● **Supplied material**:

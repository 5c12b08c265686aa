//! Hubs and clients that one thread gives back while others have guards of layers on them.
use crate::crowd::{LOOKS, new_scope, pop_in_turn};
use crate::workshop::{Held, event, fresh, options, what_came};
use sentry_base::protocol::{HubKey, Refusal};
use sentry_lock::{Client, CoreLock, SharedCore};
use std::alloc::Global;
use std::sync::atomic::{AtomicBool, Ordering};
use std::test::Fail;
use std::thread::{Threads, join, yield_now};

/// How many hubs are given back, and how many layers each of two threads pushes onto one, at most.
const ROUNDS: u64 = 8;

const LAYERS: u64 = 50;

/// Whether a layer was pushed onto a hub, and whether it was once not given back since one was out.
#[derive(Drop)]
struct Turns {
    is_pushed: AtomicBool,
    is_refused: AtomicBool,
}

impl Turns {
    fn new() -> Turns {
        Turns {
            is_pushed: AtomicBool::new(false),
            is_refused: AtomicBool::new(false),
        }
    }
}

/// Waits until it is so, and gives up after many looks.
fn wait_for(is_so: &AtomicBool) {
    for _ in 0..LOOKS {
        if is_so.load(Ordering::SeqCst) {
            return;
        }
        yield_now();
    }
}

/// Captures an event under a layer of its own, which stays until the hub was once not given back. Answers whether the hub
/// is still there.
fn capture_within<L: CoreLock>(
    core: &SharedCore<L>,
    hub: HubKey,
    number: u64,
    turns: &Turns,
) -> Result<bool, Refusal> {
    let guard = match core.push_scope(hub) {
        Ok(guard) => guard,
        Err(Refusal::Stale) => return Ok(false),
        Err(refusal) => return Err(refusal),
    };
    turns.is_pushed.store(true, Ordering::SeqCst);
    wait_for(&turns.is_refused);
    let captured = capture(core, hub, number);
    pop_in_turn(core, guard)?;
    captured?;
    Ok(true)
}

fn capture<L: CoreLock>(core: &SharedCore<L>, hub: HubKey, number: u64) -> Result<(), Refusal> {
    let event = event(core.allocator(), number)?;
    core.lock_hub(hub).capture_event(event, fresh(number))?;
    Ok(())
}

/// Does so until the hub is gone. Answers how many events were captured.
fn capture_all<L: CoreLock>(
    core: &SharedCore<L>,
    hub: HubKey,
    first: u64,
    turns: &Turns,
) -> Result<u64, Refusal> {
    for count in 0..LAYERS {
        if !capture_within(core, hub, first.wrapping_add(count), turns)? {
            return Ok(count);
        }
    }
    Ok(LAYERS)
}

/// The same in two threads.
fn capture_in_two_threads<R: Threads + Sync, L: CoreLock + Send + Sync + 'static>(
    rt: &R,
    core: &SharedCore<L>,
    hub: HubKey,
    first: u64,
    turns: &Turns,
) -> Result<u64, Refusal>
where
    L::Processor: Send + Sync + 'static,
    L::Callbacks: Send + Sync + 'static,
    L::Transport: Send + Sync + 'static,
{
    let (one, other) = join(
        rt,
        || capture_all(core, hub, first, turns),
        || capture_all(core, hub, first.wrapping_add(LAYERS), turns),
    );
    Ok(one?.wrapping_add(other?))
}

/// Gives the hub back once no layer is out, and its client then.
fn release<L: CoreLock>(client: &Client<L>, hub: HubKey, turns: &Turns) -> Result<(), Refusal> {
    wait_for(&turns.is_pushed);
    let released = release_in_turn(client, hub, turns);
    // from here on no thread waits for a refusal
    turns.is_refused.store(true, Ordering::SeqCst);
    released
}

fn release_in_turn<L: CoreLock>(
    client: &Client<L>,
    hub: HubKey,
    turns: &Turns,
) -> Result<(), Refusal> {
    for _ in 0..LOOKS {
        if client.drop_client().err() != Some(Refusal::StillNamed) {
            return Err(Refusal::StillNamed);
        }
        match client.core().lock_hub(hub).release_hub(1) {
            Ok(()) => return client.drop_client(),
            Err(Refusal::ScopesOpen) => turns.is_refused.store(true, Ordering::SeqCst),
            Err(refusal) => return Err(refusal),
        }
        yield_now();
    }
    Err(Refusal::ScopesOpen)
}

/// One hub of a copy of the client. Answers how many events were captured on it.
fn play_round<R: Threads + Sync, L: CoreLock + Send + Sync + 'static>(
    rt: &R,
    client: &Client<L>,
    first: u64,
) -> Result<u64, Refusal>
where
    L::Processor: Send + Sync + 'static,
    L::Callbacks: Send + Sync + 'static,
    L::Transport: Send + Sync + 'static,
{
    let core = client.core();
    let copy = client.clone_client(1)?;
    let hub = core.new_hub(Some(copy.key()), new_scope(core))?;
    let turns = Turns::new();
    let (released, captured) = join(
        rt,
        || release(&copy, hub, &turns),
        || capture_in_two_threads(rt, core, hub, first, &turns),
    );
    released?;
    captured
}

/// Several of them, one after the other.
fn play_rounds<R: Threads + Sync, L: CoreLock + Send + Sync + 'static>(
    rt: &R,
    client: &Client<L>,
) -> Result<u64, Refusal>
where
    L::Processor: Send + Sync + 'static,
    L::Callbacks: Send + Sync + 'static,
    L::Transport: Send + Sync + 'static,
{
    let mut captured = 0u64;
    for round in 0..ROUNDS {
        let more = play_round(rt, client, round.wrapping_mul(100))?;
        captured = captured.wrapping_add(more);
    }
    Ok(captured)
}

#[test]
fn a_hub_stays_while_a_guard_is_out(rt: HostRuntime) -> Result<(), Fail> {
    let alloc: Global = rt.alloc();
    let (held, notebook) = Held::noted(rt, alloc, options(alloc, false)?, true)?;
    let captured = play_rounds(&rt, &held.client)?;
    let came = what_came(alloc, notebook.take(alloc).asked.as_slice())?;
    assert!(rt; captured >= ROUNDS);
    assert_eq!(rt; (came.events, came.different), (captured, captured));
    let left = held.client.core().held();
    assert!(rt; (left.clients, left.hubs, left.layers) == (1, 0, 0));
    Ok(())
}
...
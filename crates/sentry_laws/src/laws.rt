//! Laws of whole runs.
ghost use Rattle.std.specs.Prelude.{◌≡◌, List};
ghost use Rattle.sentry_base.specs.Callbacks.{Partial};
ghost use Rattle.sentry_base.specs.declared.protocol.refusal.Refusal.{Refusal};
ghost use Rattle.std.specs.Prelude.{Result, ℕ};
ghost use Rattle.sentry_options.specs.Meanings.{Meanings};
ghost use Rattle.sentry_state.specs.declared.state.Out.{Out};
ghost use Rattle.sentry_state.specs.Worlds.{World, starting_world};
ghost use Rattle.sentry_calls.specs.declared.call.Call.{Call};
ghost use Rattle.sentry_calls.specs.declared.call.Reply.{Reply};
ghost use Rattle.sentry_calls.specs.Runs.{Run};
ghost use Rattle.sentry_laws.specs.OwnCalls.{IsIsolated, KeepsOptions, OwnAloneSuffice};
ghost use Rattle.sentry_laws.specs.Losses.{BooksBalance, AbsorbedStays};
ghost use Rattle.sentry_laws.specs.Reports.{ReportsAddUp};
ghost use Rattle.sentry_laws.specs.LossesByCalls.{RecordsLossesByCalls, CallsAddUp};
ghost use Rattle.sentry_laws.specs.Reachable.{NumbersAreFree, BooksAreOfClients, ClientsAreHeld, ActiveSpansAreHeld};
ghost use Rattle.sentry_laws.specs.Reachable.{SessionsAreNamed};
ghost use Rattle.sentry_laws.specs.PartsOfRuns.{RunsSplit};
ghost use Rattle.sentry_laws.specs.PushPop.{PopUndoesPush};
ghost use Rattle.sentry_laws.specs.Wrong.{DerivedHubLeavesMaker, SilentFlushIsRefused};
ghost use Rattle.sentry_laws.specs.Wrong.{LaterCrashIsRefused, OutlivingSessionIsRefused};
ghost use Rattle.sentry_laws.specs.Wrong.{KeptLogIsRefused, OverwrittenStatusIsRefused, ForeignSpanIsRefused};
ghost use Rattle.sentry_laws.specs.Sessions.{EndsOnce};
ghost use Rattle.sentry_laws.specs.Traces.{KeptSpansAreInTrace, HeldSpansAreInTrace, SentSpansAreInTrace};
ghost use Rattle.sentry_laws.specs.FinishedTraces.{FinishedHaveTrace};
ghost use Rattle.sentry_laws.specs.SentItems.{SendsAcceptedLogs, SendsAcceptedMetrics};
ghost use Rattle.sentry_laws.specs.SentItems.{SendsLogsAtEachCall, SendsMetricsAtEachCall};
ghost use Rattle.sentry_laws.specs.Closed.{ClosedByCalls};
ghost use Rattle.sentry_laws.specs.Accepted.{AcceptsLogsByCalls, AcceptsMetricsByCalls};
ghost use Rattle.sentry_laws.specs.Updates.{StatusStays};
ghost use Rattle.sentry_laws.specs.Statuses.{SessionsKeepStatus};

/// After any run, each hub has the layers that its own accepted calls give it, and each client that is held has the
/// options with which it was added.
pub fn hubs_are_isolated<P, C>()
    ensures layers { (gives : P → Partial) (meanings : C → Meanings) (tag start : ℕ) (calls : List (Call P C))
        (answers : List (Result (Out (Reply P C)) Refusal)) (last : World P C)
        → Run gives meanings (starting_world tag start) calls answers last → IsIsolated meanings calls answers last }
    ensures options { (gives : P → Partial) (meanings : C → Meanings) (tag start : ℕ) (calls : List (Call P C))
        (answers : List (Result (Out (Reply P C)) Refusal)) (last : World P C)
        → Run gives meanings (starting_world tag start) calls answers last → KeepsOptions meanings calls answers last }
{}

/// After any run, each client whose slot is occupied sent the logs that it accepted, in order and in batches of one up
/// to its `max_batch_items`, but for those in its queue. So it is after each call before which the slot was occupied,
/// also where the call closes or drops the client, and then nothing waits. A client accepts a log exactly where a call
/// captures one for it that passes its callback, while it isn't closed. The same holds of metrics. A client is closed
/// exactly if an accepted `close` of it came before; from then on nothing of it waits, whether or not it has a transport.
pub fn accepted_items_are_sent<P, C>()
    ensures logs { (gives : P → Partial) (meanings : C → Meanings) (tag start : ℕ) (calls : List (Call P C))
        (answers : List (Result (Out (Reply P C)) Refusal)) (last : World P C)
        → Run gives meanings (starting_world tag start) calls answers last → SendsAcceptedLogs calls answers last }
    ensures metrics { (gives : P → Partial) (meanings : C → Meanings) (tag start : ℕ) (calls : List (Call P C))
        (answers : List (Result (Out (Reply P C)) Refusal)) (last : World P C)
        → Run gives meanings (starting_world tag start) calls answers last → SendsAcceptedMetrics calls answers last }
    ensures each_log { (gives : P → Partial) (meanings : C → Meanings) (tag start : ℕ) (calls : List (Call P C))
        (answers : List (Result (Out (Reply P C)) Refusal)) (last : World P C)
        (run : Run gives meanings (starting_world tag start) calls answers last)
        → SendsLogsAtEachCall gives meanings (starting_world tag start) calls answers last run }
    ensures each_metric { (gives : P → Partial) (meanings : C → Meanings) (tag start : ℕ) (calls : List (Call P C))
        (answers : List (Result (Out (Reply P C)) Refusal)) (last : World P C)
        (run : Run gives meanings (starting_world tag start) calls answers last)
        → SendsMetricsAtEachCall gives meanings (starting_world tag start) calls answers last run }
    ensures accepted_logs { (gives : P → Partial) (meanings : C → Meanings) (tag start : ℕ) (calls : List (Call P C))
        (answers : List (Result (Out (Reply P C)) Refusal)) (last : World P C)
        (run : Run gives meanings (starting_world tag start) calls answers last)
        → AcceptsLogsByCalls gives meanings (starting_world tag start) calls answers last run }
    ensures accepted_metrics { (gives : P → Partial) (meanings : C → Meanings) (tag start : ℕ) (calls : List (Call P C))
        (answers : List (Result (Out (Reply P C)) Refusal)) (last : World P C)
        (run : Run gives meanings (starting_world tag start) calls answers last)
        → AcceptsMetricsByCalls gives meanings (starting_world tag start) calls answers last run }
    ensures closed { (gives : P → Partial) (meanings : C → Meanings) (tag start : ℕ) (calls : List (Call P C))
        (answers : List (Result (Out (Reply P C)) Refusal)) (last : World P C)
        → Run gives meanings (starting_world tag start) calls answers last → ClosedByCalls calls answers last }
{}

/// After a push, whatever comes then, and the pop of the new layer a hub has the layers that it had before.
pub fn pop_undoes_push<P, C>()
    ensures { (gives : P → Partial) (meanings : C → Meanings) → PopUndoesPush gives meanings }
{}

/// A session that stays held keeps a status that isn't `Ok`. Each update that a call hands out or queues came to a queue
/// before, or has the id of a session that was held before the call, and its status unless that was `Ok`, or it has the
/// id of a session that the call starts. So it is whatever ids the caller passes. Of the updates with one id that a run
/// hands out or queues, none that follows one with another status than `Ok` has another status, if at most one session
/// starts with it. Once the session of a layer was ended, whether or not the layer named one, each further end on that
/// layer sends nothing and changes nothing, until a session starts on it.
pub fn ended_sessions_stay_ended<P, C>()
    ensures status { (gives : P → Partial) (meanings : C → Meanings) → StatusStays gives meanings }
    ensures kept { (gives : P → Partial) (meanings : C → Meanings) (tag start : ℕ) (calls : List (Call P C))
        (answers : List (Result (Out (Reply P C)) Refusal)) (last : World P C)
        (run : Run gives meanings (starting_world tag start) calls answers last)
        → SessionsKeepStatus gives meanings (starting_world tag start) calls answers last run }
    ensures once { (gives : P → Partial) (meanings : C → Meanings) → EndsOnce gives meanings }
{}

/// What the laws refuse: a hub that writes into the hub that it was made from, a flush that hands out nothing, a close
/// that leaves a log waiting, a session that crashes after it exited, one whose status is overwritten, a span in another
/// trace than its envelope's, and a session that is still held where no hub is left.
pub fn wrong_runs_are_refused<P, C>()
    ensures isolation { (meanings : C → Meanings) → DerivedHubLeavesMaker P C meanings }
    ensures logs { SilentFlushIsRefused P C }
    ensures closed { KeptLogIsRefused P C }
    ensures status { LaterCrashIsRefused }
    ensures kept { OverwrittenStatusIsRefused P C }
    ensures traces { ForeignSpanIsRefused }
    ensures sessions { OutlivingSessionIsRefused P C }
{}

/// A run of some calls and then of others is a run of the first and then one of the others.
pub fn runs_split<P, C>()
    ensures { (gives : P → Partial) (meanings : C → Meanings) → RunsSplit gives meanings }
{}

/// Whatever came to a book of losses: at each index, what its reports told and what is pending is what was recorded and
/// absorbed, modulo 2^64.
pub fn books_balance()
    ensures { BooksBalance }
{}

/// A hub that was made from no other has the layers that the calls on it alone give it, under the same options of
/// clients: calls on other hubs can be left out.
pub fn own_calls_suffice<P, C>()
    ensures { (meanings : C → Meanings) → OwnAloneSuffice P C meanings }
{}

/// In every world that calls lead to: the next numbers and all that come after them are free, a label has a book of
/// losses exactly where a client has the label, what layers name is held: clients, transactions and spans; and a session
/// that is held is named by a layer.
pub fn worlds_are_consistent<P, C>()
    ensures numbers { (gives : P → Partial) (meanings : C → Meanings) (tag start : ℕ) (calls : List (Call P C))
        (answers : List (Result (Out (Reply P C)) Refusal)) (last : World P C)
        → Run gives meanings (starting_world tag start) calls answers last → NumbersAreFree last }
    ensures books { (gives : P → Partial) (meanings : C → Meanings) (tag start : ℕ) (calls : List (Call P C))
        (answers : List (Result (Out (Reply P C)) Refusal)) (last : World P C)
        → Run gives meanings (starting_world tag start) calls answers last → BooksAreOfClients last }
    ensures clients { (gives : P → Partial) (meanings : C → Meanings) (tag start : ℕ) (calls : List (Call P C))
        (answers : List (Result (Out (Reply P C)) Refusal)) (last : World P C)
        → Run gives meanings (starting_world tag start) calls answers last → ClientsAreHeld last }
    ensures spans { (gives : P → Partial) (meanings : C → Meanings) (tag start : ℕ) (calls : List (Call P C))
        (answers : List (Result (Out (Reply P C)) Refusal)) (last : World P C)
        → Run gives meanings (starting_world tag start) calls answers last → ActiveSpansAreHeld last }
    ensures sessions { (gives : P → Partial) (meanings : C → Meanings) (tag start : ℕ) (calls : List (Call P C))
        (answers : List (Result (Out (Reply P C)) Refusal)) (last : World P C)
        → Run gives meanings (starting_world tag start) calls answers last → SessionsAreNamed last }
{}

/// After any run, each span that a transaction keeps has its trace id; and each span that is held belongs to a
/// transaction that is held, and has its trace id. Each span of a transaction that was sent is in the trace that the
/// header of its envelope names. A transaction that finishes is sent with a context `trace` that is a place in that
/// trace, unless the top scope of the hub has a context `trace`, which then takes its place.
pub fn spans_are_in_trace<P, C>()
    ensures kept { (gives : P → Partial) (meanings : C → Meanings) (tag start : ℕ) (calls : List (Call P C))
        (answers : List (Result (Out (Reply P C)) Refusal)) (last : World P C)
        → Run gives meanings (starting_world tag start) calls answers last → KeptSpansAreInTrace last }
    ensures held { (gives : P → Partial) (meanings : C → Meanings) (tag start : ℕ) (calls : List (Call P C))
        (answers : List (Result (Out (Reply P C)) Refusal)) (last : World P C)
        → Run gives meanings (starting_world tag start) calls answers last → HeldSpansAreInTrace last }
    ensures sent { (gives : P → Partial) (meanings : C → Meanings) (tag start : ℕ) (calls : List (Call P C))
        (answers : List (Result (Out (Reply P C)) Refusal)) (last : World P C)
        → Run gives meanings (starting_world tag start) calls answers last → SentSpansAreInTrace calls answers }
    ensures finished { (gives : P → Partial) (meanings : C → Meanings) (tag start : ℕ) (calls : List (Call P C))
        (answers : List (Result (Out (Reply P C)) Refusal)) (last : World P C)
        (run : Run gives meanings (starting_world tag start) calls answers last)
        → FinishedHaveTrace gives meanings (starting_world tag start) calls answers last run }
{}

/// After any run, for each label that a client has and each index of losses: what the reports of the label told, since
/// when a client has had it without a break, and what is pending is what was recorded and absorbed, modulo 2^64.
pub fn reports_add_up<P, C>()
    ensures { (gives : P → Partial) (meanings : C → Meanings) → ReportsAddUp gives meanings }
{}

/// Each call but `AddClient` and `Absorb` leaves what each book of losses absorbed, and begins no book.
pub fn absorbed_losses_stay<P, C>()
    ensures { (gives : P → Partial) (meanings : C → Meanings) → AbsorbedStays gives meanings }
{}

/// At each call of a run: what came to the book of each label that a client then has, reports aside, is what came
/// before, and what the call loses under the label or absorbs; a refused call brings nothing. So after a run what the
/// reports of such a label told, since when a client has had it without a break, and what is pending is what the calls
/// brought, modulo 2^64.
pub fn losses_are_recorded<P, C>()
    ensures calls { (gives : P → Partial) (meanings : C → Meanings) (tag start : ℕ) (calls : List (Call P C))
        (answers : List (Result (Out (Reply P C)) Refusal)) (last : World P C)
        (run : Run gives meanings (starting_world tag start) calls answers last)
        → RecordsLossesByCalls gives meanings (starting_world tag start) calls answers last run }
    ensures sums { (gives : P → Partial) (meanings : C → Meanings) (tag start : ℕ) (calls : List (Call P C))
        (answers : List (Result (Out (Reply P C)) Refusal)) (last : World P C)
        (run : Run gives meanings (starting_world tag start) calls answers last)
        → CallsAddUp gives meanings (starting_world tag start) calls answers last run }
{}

● **Activity**:
Tell how many lines of the records above contain "store", replying with the number only.

● **Reply**:
3